[Required work] In the data below, find every line with the word "self" and copy it.

** Dataset excerpts follows **

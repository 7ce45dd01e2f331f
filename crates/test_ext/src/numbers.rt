//! Tests of ranges of bits that are read and written as numbers. The expected values are worked out
//! by hand, by a loop that tests or sets one bit after another, or, for random rows, by a loop over
//! 24 flags.

ghost use Rattle.std.specs.Prelude.{IsTrue};
ghost use Rattle.bittle.specs.Values.{ShapeFits};

use crate::calls::{Change, change_in};
use crate::checks::{Compared, holds, same};
use crate::random::{draw, draw_row, flags_of};
use bittle::prelude::*;
use bittle::{BigEndian, BitsOwned, Endian, LittleEndian, Set};
use bittle_ext::prelude::*;
use std::process::Abort;

// Reads `count` bits of a set, from index `first` on, as a number. If `count` is greater than 64,
// reads only the first 64 of these bits.
fn loaded<B: Bits>(set: &B, first: u32, count: u32) -> u64
    requires { ShapeFits B.Shape set.now }
{
    set.load(first, count.min(64))
}

// Returns the set with a number stored in a range, or unchanged if `store` does not allow the
// range.
fn stored<B: BitsMut>(set: B, first: u32, count: u32, value: u64) -> B
    requires { ShapeFits B.Shape set }
{
    let mut now = set;
    let capacity = now.bits_capacity();
    if count <= 64 && first <= capacity && count <= capacity - first {
        now.store(first, count, value);
    }
    now
}

// Reads a range of a set as a number, in the order `E`.
fn loaded_in<B: BitsOwned, E: Endian>(bits: B, first: u32, count: u32) -> u64
    requires { IsTrue B.indexable }
{
    loaded(&Set::<B, E>::new_in(bits), first, count)
}

// Returns the set with a number stored in a range, in the order `E`.
fn stored_in<B: BitsOwned, E: Endian>(bits: B, first: u32, count: u32, value: u64) -> B
    requires { IsTrue B.indexable }
{
    stored(Set::<B, E>::new_in(bits), first, count, value).into_bits()
}

// Checks the numbers that are read from some ranges. Each case is the first index of a range, how
// many bits it has, and the number.
fn loads<B: Bits, const N: usize>(rt: &impl Abort, set: &B, cases: [(u32, u32, u64); N])
    requires { ShapeFits B.Shape set.now }
{
    for k in 0..N {
        let (first, count, number) = cases[k];
        same!(*rt; (first, count, loaded(set, first, count)), (first, count, number));
    }
}

#[test]
fn a_row(rt: HostRuntime) {
    // The row has the bits of 0x1234, the lowest byte first.
    let cases = [
        (0, 16, 0x1234),
        (0, 8, 0x34),
        (4, 8, 0x23),
        (2, 3, 0b101),
        (5, 0, 0),
        (12, 64, 1),
        (16, 8, 0),
        (u32::MAX, 64, 0),
    ];
    loads(&rt, &[0x34u8, 0x12], cases);
}

// Checks the set after a number is stored in a range.
fn stores<B: BitsMut + Compared>(
    rt: &impl Abort,
    set: B,
    first: u32,
    count: u32,
    value: u64,
    expected: B,
)
    requires { ShapeFits B.Shape set }
{
    same!(*rt; stored(set, first, count, value), expected);
}

#[test]
fn a_row_that_is_written(rt: HostRuntime) {
    stores(&rt, [0u8, 0], 4, 8, 0x123, [0x30, 0x02]);
    stores(&rt, [0xFFu8, 0xFF], 6, 4, 0b0110, [0xBF, 0xFD]);
    stores(&rt, [0xFFu8, 0xFF], 3, 0, 9, [0xFF, 0xFF]);
    stores(&rt, [0u8; 2], 0, 16, u64::MAX, [0xFF, 0xFF]);
}

#[test]
fn a_row_from_the_left(rt: HostRuntime) {
    // In little-endian order, bits 1, 2 and 11 are set.
    let row = [0b0110_0000u8, 0b0001_0000];
    same!(rt; loaded_in::<_, LittleEndian>(row, 0, 4), 0b0110);
    same!(rt; loaded_in::<_, LittleEndian>(row, 1, 16), 0b100_0000_0011);
    let stored = stored_in::<_, LittleEndian>(row, 6, 4, 0b1101);
    same!(rt; stored, [0b0110_0010, 0b1101_0000]);
}

#[test]
fn words(rt: HostRuntime) {
    loads(&rt, &i8::MIN, [(6, 2, 0b10)]);
    loads(&rt, &-1i64, [(1, 64, u64::MAX / 2)]);
    loads(
        &rt,
        &0x1_2345_6789_ABCD_EF01u128,
        [(4, 64, 0x1234_5678_9ABC_DEF0)],
    );
    stores(&rt, 0u128, 60, 8, 0xA5, 0xA5 << 60);
    stores(&rt, -1i32, 28, 4, 0, 0x0FFF_FFFF);
}

// Reads a range as a number, bit by bit.
fn by_bits<B: Bits, E: Endian>(set: &B, first: u32, count: u32) -> u64
    requires { ShapeFits B.Shape set.now }
{
    let capacity = set.bits_capacity();
    let mut number = 0u64;
    for i in 0..count.min(64) {
        let index = first.saturating_add(i);
        if index < capacity && set.test_bit_in::<E>(index) {
            number |= 1 << i;
        }
    }
    number
}

// Returns the set with a number stored in a range, bit by bit.
fn put_by_bits<B: BitsOwned, E: Endian>(set: &B, first: u32, count: u32, value: u64) -> B
    requires { IsTrue B.indexable }
{
    let mut made = *set;
    for i in 0..count.min(64) {
        let index = first.saturating_add(i);
        if value >> i & 1 == 1 {
            made.set_bit_in::<E>(index);
        } else {
            made.clear_bit_in::<E>(index);
        }
    }
    made
}

// Compares `load` with `by_bits`, and `store` with `put_by_bits`, for one range and one order.
fn agree_at<B: BitsOwned, E: Endian>(rt: &impl Abort, set: B, first: u32, count: u32)
    requires { IsTrue B.indexable }
{
    let number = loaded_in::<B, E>(set, first, count);
    crate::checks::end_unless_equal(rt, "load", number, by_bits::<B, E>(&set, first, count));
    if first <= B::bits() && count <= B::bits() - first {
        let value = 0xC5A3_9F71_0E68_D24B;
        let made = stored_in::<B, E>(set, first, count, value);
        crate::checks::ask(
            rt,
            "store",
            made == put_by_bits::<B, E>(&set, first, count, value),
        );
        let back = loaded_in::<B, E>(made, first, count);
        let low = if count < 64 {
            value & !(u64::MAX << count)
        } else {
            value
        };
        crate::checks::end_unless_equal(rt, "what is stored", back, low);
    }
}

// Does the same as `agree_at` for ranges near the ends of words and of the set, in both orders.
fn agree<B: BitsOwned>(rt: &impl Abort, width: u32, set: B)
    requires { IsTrue B.indexable }
{
    let all = B::bits();
    for first in [
        0,
        1,
        width.wrapping_sub(1),
        width,
        all.wrapping_sub(9),
        all,
        u32::MAX,
    ] {
        for count in [0, 1, 8, 9, 33, 64] {
            agree_at::<B, BigEndian>(rt, set, first, count);
            agree_at::<B, LittleEndian>(rt, set, first, count);
        }
    }
}

#[test]
fn words_agree_with_a_loop(rt: HostRuntime) {
    agree(&rt, 8, 0b1001_0110u8);
    agree(&rt, 128, 0x8001_0203_0405_0607_F8F9_FAFB_FCFD_FE01u128);
}

#[test]
fn rows_agree_with_a_loop(rt: HostRuntime) {
    agree(
        &rt,
        8,
        [0xC5u8, 0x3A, 0x91, 0x07, 0xE8, 0x55, 0x0F, 0xA1, 0x77],
    );
    agree(&rt, 64, [0x8000_0000_0000_0003u64, 0xF0F0_1234_5678_9ABD]);
}

// Writes a number to bits 4 to 11 of a set, if it has them. The answer is the number that is then
// read from the first 64 bits.
#[derive(Drop)]
struct StoreEight(u64);

impl Change for StoreEight {
    type Answer = u64;

    fn change<B: BitsMut>(&self, set: &mut B) -> u64 {
        if 12 <= set.bits_capacity() {
            set.store(4, 8, self.0);
        }
        set.load(0, 64)
    }
}

#[test]
fn slices_and_views(rt: HostRuntime) {
    let mut words = [0u8; 4];
    let mut lent = Set::from_mut(words.as_mut_slice());
    let read = change_in::<_, LittleEndian, _>(&StoreEight(0b1000_0011), &mut lent);
    same!(rt; read, 0b1000_0011_0000);
    same!(rt; words, [0b0000_1100, 0b0001_0000, 0, 0]);
    loads(
        &rt,
        &words.in_order::<LittleEndian>(),
        [(0, 64, 0b1000_0011_0000)],
    );
    let part = Set::from_ref(&words[..2]);
    loads(&rt, &part, [(2, 2, 0b11), (10, 64, 0b100)]);
}

#[test]
fn capacity_0(rt: HostRuntime) {
    let none: [u32; 0] = [];
    agree(&rt, 32, none);
    loads(&rt, &none, [(0, 64, 0), (u32::MAX, 1, 0)]);
    holds!(rt; stored(none, 0, 0, u64::MAX).all_zeros());
}

#[test]
fn drawn_numbers_agree_with_plain_loops(rt: HostRuntime) {
    let mut state = 19;
    for _ in 0..1000 {
        let (row, value) = (draw_row(&mut state), draw(&mut state) as u64);
        let first = draw(&mut state) % 25;
        let count = draw(&mut state) % (25 - first);
        let mut flags = flags_of(&row);
        let mut number = 0u64;
        for i in 0..count.min(24) {
            if first + i < 24 {
                let at = (first + i) as usize;
                number |= (flags[at] as u64) << i;
                flags[at] = value >> i & 1 == 1;
            }
        }
        same!(rt; loaded(&row, first, count), number);
        same!(rt; flags_of(&stored(row, first, count, value)), flags);
    }
}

** End of Dataset excerpts **

[The answer]
    fn change<B: BitsMut>(&self, set: &mut B) -> u64 {
            set.store(4, 8, self.0);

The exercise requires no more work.